- [INSTRUCTIONS FOR THE TASK]: Determine the count of lines containing "PenaltiesAddUp" in the entries below and return only that figure.

#### RECORDS FOR THIS TASK ####

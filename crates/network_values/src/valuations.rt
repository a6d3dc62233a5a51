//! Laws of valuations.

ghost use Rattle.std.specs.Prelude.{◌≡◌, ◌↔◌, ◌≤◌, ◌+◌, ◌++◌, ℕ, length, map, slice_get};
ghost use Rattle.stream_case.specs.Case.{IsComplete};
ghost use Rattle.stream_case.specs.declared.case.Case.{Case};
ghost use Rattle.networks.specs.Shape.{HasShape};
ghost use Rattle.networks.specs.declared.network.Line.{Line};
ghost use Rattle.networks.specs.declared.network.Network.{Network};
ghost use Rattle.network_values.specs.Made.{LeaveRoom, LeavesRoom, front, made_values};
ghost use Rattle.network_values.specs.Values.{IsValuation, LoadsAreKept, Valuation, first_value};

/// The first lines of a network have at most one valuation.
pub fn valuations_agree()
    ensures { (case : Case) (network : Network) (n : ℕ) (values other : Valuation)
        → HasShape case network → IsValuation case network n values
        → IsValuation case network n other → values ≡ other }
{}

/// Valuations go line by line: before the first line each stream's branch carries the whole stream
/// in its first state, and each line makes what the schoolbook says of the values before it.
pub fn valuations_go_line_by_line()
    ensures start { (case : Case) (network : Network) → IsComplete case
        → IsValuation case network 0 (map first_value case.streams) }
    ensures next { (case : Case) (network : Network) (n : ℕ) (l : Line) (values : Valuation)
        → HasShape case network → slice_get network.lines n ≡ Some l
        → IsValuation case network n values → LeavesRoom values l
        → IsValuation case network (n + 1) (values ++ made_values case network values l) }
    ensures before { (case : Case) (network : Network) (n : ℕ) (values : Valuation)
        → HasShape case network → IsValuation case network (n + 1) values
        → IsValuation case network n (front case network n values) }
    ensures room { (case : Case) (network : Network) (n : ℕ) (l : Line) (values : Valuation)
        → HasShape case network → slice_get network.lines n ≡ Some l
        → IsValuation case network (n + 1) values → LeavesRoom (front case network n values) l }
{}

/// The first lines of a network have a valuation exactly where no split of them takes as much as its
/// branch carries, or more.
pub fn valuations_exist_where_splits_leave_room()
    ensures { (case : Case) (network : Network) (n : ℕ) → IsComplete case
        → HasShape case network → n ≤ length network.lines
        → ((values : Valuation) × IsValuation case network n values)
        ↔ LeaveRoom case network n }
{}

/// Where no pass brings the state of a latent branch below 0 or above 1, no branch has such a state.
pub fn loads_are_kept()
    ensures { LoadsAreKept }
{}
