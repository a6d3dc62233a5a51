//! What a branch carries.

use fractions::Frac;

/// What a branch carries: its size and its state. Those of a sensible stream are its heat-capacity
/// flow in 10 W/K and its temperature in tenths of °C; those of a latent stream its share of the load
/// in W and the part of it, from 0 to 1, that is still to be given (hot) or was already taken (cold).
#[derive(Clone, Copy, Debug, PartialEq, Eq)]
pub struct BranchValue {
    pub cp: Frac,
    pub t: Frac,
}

####
#### RECORDS FOR THIS TASK ####

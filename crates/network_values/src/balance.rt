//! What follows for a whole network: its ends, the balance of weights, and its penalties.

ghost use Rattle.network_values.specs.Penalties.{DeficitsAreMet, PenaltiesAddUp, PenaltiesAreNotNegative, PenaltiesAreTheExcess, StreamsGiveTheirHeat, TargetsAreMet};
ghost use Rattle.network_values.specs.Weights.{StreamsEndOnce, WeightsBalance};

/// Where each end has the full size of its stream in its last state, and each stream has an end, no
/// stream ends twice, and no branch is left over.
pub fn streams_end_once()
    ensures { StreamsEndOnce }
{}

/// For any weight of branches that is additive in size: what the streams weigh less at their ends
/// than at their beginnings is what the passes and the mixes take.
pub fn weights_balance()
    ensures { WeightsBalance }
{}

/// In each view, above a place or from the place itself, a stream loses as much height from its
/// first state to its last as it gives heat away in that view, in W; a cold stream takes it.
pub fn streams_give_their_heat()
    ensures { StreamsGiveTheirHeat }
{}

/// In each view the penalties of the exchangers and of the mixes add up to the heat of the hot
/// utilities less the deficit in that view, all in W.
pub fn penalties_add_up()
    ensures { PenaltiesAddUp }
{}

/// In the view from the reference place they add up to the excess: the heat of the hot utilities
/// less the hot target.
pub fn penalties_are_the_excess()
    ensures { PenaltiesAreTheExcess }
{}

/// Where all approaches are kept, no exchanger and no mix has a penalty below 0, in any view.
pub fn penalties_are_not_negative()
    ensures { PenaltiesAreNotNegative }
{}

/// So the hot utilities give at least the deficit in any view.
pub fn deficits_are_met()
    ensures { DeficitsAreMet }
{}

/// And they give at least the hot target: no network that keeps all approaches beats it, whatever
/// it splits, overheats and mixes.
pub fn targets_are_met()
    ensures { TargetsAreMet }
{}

####
#### RECORDS FOR THIS TASK ####

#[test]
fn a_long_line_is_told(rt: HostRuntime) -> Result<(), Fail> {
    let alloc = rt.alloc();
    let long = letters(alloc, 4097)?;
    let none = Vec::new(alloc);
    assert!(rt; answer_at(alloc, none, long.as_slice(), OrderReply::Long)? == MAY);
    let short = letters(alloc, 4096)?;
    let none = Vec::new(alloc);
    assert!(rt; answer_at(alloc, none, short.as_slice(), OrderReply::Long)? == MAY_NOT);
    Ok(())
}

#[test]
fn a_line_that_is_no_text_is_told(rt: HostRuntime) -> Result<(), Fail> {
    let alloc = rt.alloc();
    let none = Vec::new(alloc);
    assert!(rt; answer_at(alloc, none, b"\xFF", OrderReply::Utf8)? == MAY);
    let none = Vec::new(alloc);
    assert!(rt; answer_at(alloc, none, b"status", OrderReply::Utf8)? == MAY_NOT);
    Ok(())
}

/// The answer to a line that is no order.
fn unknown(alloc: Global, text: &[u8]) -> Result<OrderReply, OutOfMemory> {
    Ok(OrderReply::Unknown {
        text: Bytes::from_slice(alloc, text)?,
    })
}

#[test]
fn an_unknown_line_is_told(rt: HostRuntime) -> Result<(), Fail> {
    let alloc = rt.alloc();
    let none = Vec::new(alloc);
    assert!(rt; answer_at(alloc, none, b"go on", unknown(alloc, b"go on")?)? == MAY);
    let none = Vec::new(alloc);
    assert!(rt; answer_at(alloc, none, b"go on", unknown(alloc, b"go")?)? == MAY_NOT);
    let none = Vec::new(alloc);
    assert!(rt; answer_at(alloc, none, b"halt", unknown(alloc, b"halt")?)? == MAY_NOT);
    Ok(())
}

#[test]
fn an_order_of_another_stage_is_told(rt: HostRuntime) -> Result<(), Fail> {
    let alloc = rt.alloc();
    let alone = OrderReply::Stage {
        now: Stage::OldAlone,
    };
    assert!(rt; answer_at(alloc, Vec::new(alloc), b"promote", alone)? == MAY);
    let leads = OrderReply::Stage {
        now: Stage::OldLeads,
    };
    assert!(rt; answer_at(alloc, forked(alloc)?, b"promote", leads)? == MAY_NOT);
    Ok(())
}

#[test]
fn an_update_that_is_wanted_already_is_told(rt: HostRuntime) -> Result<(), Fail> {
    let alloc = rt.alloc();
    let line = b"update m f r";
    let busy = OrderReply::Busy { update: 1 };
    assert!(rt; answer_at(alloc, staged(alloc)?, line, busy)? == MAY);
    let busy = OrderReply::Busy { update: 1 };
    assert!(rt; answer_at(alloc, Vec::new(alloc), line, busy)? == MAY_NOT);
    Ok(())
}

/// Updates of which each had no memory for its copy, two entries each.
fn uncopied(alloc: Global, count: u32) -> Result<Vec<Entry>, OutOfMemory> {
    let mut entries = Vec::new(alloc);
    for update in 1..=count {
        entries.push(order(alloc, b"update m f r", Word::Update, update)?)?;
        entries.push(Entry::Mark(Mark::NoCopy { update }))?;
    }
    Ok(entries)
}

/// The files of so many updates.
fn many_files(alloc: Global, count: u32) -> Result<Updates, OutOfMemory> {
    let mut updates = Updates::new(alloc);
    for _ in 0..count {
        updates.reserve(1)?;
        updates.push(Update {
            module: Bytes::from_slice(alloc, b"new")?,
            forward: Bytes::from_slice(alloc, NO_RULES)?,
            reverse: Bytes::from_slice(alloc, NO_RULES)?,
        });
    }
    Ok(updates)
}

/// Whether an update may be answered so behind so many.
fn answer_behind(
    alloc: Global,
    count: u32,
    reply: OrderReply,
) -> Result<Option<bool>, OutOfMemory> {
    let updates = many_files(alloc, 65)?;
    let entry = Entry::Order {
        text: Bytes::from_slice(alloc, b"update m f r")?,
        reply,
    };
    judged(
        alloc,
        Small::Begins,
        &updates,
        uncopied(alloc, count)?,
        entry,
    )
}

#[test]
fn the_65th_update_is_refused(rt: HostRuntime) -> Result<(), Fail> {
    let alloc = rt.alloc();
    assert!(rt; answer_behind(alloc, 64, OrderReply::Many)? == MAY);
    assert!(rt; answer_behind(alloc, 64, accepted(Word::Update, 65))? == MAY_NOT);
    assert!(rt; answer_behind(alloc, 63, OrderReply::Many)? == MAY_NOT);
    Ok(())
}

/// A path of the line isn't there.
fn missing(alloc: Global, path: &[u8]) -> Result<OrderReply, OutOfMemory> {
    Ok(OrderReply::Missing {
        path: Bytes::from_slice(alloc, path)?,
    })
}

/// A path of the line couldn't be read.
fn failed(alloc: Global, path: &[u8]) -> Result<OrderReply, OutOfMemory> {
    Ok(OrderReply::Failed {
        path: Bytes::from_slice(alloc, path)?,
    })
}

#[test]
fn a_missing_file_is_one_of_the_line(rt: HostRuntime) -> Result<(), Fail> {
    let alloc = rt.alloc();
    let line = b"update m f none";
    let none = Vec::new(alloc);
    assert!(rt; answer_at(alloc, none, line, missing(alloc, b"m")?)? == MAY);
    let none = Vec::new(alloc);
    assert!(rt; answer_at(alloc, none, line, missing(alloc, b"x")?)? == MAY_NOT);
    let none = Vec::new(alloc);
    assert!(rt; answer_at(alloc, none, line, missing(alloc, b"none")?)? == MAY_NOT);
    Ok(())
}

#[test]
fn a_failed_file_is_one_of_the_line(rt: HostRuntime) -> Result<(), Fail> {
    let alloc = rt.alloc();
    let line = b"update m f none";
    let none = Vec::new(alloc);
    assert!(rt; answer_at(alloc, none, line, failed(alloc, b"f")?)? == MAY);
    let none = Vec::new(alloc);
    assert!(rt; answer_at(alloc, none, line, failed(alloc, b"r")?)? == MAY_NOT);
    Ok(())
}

####

- [SOLUTION FOR THIS TASK]: 2